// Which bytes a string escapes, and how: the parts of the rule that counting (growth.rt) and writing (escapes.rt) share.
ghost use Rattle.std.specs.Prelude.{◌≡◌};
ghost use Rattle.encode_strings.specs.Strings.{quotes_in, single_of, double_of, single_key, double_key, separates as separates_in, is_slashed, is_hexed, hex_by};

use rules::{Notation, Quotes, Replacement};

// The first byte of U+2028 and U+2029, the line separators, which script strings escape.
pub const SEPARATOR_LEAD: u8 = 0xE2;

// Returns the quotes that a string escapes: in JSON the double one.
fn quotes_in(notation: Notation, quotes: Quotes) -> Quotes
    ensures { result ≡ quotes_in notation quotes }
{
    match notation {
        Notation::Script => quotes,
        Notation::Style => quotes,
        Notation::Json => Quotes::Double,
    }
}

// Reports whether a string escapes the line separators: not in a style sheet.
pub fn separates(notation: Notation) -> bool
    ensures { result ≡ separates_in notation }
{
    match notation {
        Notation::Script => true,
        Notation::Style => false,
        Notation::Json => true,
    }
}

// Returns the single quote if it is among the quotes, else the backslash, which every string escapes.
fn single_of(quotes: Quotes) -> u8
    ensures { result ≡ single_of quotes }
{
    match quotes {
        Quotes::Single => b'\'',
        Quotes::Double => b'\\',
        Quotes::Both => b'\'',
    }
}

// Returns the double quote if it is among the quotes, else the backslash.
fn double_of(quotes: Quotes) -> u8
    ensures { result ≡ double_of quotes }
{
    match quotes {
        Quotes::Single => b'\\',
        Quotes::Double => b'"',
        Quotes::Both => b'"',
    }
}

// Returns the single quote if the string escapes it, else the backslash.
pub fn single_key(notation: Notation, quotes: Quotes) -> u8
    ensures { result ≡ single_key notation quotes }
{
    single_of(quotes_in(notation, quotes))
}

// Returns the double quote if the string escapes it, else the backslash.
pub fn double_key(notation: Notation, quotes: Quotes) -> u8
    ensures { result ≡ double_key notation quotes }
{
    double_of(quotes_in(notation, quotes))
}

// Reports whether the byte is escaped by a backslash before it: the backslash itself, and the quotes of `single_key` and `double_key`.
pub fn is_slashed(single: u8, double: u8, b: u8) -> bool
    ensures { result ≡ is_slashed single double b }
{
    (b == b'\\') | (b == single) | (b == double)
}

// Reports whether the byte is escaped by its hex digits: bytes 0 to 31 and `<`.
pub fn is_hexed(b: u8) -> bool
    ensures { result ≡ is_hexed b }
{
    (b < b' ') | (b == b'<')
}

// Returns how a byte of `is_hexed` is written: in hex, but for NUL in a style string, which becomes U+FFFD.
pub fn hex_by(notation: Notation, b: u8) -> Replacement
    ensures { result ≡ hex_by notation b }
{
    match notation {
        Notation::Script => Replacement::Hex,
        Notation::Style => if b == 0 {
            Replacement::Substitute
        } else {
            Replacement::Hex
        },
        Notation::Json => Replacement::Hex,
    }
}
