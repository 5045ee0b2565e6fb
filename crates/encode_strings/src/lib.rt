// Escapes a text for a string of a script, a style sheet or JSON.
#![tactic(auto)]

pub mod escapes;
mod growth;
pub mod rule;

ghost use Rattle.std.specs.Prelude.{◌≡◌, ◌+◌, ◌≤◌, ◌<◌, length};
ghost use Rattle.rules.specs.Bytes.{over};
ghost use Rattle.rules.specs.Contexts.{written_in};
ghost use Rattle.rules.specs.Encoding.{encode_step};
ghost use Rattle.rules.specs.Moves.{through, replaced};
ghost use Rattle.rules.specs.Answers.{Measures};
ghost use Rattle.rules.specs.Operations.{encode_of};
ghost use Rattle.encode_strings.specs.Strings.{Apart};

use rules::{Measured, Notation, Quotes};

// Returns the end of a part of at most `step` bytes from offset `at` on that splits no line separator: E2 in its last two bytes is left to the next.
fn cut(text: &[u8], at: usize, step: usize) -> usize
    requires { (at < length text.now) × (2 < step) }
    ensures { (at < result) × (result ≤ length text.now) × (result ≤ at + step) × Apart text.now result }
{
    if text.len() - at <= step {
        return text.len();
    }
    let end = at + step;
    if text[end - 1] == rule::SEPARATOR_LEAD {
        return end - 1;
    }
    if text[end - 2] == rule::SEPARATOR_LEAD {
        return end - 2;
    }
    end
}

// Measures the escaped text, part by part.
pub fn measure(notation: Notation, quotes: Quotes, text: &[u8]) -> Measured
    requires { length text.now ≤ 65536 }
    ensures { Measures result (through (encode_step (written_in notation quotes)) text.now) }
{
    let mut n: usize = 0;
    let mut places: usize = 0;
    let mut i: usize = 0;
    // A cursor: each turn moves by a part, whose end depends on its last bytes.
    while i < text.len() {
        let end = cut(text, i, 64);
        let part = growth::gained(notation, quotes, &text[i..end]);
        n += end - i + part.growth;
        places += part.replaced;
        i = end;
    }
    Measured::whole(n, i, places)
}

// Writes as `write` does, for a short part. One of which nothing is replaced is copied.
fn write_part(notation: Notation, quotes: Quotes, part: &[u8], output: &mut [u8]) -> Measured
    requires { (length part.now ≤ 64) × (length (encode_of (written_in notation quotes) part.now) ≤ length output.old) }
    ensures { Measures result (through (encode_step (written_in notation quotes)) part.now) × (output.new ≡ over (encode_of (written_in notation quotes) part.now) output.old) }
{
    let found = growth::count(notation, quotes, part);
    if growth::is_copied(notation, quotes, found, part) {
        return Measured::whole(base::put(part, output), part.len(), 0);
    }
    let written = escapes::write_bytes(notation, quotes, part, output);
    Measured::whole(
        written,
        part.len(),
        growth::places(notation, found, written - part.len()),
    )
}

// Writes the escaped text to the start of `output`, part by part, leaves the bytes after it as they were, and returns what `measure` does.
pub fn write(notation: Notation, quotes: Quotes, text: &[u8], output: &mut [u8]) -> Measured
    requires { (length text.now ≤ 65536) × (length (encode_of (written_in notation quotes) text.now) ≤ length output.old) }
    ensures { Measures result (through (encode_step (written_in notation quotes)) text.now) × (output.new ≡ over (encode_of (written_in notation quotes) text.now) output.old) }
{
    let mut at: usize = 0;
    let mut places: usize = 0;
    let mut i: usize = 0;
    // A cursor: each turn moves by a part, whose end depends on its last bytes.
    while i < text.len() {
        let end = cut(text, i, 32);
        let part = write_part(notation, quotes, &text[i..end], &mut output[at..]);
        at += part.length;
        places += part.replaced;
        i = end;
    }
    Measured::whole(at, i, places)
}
-------
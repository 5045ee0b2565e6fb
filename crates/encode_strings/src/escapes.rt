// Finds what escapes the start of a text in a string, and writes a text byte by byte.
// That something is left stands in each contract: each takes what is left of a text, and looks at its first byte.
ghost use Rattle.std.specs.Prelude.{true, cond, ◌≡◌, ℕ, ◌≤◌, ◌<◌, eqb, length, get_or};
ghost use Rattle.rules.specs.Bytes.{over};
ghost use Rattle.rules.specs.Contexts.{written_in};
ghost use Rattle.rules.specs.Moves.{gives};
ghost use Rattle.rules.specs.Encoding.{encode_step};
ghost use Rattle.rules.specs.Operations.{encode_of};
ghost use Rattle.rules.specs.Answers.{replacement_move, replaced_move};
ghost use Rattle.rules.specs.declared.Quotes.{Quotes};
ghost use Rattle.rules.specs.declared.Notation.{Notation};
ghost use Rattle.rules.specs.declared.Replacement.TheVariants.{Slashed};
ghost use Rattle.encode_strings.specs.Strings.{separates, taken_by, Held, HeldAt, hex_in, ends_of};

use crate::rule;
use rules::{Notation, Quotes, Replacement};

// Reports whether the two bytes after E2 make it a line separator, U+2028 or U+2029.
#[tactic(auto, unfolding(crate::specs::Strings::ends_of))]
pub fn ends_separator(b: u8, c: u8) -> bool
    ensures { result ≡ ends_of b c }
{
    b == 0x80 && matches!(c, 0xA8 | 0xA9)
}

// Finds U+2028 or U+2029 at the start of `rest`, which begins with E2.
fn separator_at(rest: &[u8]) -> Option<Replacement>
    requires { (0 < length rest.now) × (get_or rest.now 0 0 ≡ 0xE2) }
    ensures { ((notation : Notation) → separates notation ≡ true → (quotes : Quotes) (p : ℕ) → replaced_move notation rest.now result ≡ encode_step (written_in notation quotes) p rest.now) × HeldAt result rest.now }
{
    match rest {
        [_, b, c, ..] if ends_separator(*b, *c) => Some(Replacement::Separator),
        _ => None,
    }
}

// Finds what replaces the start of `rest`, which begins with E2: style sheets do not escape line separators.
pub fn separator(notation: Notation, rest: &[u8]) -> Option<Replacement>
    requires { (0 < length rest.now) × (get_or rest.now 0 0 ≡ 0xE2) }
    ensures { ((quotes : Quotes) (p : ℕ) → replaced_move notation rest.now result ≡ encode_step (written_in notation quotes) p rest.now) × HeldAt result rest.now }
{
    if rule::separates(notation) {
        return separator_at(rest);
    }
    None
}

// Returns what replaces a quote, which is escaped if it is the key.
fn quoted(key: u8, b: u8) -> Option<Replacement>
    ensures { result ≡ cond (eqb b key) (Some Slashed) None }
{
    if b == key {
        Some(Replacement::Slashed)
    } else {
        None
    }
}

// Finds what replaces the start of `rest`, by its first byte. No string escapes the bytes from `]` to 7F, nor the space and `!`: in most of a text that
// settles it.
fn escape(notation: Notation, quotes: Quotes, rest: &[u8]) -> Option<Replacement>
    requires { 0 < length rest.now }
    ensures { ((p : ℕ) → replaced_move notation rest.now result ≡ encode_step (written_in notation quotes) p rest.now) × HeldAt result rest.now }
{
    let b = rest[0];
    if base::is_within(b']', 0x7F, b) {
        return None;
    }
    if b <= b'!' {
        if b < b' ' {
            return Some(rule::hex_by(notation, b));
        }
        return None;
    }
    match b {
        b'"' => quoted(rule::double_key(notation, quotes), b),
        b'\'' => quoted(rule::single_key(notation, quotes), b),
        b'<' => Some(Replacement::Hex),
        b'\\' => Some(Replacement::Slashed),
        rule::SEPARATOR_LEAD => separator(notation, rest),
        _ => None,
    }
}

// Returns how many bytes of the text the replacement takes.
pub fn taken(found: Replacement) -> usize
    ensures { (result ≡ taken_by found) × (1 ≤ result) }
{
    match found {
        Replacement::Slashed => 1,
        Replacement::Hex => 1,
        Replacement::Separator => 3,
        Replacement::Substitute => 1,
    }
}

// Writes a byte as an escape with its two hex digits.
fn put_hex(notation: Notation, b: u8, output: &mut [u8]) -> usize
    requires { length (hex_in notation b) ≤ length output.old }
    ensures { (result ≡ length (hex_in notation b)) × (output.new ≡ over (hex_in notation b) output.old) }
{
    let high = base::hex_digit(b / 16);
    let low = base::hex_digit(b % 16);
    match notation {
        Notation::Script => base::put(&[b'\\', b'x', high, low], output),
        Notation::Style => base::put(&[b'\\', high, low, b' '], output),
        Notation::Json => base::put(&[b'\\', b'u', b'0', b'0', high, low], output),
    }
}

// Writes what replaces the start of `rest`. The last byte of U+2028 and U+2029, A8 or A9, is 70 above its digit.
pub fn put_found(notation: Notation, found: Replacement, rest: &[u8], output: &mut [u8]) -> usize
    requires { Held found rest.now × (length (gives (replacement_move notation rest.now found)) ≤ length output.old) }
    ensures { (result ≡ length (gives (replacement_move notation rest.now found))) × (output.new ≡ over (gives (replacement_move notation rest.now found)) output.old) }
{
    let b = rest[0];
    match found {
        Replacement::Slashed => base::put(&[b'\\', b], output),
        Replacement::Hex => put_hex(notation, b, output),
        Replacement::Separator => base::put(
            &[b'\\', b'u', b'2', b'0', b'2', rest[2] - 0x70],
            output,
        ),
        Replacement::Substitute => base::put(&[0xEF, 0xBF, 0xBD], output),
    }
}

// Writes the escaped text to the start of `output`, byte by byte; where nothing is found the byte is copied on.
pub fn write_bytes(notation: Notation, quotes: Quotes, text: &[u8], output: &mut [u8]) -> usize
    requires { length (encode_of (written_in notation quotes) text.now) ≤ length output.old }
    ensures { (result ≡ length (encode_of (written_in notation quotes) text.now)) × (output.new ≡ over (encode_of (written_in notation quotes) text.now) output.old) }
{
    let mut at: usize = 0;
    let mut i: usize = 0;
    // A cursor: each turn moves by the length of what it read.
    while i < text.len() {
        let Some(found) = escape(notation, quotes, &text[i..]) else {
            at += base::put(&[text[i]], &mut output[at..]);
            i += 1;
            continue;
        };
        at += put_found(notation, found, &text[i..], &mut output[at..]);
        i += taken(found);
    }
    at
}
-------
In the entries above, which lines hold the word "separators"? Copy them out.

Task output –
// The first byte of U+2028 and U+2029, the line separators, which script strings escape.
// Reports whether a string escapes the line separators: not in a style sheet.
// Finds what replaces the start of `rest`, which begins with E2: style sheets do not escape line separators.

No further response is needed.